Stored data entries:

# # #

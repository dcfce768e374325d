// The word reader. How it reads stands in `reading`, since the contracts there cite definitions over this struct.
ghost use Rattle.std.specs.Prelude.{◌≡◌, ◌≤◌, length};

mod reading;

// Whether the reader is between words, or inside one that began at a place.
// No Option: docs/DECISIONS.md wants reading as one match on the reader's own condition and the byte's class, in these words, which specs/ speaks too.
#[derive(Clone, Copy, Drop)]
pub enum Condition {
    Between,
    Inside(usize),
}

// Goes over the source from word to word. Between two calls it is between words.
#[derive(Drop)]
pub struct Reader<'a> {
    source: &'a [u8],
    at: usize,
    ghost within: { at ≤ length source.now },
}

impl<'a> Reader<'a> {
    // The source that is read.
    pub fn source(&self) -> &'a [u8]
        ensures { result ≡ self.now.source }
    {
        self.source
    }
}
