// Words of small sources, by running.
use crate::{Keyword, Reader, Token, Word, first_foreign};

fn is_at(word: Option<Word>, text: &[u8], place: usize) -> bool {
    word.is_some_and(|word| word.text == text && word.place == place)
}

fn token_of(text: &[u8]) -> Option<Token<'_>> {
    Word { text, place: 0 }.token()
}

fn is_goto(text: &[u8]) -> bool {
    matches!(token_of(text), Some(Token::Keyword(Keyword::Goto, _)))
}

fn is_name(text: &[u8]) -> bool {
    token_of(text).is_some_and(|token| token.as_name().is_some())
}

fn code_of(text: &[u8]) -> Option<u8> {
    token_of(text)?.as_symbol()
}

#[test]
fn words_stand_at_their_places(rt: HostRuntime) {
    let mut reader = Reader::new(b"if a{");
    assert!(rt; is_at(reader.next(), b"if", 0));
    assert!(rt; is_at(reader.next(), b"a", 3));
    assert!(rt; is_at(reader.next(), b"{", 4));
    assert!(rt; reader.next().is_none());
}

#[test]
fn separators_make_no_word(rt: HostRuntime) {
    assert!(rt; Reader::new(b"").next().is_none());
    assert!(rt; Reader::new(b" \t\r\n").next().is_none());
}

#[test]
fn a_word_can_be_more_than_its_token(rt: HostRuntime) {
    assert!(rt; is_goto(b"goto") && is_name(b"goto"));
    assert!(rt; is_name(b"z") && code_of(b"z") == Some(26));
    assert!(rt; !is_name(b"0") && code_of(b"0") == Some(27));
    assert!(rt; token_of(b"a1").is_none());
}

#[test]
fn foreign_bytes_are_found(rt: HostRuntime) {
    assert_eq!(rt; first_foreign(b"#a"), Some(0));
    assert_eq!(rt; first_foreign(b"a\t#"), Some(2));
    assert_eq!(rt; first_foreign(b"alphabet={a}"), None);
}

# # #

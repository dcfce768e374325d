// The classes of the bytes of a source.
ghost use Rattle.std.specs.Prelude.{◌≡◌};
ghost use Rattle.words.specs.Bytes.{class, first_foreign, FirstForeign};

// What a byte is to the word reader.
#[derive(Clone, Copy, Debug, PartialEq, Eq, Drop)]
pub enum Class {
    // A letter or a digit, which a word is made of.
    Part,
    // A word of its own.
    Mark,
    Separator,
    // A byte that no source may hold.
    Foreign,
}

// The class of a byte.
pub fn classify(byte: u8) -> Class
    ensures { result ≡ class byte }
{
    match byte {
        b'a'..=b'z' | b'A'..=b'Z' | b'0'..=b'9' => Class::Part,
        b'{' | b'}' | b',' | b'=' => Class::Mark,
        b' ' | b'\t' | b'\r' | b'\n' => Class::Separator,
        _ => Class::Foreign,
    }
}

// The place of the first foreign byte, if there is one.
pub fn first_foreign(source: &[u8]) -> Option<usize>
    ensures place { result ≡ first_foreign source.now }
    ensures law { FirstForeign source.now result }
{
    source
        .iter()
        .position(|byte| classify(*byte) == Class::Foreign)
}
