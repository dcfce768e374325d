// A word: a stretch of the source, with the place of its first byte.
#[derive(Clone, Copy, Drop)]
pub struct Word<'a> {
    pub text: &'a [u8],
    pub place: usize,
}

# # #

=== Work task ===
Say the number of lines above that include "Rattle", and only that.

=== Solution below ===
3